◆ Task prompt:
Check each line of the data, and copy those where "without" appears.

◆ Extracted information:
*** Block opens ***
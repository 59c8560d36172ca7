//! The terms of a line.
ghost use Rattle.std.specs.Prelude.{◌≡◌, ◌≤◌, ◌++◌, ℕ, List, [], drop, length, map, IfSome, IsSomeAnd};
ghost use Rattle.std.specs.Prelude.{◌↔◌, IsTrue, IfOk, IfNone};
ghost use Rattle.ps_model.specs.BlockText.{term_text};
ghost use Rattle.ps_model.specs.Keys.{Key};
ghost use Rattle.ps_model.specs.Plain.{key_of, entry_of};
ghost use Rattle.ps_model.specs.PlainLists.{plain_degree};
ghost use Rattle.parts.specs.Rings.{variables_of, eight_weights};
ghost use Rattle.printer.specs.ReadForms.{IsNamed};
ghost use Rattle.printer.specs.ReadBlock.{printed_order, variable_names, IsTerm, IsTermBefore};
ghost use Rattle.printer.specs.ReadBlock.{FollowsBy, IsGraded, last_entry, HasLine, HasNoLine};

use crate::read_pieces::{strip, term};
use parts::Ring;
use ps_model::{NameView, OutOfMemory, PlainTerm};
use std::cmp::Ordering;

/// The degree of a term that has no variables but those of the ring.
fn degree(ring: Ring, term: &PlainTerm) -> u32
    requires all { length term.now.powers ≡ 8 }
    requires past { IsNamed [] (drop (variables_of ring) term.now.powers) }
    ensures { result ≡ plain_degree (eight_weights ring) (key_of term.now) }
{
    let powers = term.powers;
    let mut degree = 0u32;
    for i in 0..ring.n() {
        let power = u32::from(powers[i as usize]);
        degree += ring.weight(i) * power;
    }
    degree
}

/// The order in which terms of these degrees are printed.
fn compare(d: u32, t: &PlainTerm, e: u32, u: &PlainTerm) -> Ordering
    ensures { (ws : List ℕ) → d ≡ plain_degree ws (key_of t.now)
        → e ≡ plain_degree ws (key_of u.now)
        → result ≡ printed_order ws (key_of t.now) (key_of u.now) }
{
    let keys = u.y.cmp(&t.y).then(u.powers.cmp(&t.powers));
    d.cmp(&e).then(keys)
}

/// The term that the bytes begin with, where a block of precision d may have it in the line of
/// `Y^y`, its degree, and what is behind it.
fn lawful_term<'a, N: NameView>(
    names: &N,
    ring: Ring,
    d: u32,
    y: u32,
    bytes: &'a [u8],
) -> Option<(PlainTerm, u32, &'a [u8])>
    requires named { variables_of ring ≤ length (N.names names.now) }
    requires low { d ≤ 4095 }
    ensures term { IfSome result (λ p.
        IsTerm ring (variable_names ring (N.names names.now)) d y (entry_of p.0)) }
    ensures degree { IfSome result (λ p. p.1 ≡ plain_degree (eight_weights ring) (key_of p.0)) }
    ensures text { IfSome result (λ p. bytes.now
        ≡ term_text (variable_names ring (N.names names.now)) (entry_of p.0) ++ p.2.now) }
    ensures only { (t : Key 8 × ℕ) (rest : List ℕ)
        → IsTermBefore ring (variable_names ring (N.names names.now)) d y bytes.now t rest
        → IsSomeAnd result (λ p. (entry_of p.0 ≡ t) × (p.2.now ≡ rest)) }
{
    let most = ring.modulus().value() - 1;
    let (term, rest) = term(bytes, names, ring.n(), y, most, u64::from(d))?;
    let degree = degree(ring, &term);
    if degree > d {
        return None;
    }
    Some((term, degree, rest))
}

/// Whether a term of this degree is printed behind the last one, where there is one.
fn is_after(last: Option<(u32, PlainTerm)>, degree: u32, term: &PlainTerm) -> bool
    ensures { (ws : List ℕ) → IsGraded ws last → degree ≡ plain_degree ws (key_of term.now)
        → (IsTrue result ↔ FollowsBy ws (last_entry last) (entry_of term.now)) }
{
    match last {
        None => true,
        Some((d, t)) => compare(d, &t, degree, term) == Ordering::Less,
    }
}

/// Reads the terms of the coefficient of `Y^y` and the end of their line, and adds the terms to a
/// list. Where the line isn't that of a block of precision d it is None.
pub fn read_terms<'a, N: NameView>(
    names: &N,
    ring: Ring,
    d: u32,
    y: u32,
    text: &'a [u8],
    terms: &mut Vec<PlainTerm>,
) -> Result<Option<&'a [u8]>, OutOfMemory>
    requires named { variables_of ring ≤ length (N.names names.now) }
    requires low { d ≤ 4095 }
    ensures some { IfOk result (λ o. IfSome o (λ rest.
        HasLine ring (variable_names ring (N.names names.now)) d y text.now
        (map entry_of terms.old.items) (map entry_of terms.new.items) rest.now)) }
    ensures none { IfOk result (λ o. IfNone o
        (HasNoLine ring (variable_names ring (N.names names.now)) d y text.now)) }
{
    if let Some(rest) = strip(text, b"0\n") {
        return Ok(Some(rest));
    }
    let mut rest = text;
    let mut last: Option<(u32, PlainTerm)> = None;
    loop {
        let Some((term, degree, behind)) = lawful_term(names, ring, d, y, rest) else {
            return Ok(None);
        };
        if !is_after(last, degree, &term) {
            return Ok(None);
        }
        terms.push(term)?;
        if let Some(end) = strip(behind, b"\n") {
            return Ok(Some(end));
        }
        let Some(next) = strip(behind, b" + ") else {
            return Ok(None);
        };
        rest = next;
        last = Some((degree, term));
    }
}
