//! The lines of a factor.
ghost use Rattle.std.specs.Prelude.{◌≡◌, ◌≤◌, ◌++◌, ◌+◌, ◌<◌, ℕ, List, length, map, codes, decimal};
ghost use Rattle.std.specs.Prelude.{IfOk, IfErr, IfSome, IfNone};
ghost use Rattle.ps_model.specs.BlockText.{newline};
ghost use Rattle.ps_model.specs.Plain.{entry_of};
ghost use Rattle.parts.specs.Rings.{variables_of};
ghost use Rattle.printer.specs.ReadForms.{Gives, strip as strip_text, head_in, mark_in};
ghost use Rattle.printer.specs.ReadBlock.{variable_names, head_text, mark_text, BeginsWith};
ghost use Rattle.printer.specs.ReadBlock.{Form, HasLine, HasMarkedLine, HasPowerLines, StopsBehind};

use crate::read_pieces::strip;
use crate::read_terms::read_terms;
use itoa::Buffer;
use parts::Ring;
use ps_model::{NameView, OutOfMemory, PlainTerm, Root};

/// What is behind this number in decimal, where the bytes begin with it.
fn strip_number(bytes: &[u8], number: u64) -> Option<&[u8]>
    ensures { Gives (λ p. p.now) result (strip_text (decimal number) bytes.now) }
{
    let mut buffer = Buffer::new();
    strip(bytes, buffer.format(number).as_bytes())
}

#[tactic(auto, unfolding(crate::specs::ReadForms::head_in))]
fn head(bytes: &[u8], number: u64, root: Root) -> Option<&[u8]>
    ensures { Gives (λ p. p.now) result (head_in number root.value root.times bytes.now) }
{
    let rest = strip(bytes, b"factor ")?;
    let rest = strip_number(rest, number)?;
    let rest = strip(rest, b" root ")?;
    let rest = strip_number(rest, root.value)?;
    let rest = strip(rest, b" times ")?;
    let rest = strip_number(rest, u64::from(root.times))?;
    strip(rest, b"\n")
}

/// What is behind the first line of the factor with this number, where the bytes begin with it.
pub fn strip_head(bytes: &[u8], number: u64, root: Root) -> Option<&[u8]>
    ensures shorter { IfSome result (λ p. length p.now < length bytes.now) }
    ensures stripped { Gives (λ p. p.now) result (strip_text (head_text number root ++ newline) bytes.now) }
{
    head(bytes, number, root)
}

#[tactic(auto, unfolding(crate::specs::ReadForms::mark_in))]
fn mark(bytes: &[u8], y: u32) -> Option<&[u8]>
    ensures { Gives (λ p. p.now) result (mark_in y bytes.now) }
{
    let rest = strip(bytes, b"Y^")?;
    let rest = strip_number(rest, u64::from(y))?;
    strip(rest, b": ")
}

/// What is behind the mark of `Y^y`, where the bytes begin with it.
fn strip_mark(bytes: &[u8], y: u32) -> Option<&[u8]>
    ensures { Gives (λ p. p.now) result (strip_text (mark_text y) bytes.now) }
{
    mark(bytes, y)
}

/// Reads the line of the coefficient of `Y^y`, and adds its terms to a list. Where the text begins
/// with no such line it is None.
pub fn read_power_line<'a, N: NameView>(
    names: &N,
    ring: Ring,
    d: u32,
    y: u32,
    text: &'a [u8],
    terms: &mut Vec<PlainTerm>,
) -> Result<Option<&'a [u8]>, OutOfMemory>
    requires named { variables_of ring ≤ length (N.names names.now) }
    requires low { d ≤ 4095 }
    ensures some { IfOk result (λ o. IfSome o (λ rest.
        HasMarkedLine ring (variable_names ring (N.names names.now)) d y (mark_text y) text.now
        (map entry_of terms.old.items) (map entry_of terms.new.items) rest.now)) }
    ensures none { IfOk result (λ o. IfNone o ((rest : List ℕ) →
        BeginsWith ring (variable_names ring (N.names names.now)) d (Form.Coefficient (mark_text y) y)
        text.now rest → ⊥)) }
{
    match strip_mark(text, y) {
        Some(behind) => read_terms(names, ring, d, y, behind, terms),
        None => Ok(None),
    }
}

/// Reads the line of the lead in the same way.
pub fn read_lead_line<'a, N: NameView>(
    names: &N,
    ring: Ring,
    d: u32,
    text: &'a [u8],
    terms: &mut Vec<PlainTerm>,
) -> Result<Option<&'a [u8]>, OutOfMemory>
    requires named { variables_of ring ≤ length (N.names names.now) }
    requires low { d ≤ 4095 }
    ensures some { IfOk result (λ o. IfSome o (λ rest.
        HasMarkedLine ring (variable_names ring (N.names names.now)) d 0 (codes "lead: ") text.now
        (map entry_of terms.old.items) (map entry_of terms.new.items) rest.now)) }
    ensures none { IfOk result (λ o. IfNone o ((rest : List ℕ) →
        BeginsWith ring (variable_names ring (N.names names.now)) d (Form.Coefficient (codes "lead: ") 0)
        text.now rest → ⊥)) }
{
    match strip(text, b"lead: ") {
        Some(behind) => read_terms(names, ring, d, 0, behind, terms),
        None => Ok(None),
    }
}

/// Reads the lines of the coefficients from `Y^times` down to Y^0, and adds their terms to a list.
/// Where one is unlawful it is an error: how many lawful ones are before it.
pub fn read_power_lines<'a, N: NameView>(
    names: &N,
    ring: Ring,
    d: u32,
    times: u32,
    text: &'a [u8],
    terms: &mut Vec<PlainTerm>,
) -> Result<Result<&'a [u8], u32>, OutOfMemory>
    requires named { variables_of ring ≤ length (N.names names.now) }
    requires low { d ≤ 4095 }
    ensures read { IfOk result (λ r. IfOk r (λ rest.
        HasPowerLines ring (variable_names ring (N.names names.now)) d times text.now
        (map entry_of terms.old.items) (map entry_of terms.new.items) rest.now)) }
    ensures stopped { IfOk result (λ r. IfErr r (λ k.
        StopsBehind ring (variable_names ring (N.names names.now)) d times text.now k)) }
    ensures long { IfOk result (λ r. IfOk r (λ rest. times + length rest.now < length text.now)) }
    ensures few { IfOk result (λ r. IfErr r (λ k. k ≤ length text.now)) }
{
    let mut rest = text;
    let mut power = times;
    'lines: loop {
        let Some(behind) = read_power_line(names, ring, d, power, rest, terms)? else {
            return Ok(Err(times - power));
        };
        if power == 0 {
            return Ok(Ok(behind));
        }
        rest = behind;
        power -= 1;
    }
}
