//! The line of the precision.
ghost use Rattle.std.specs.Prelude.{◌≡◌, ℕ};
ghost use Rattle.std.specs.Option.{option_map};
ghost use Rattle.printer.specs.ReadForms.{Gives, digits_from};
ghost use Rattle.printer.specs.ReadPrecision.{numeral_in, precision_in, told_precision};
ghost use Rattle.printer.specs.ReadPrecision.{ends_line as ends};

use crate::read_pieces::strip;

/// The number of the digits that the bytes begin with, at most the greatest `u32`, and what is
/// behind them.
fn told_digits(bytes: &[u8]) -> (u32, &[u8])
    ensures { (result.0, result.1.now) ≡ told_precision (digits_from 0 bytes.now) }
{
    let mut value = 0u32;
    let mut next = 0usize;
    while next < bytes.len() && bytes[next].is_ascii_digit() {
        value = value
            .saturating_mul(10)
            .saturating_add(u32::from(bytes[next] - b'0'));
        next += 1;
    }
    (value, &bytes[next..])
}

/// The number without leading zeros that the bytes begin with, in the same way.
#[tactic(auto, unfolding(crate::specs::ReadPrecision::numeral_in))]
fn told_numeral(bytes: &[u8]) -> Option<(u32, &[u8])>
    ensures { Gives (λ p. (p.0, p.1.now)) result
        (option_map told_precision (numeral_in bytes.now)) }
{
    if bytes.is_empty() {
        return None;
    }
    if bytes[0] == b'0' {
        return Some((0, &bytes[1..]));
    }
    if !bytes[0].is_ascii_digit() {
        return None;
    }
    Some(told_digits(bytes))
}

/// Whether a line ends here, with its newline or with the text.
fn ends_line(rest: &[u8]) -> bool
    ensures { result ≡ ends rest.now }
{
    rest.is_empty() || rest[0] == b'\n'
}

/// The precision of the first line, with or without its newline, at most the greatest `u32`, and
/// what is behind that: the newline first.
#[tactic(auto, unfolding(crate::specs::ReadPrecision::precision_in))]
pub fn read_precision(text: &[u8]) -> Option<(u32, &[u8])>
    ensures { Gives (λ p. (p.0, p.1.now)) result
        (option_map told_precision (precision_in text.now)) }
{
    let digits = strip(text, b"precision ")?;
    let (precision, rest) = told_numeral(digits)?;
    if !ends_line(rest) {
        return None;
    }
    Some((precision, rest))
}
*** Block closes ***
*** Block opens ***
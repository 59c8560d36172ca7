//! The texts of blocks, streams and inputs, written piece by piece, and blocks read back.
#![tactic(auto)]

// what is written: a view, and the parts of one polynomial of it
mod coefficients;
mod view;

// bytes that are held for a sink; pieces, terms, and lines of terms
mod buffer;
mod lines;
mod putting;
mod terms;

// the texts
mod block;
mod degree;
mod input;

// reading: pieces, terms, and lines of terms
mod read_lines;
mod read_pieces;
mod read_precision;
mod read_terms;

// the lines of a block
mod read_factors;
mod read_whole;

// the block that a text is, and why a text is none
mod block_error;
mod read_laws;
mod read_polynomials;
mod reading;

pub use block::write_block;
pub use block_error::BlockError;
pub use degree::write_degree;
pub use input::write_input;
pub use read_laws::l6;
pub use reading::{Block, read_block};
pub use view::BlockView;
*** Block closes ***
◆ Solved problem:
/// The number without leading zeros that the bytes begin with, in the same way.
/// The precision of the first line, with or without its newline, at most the greatest `u32`, and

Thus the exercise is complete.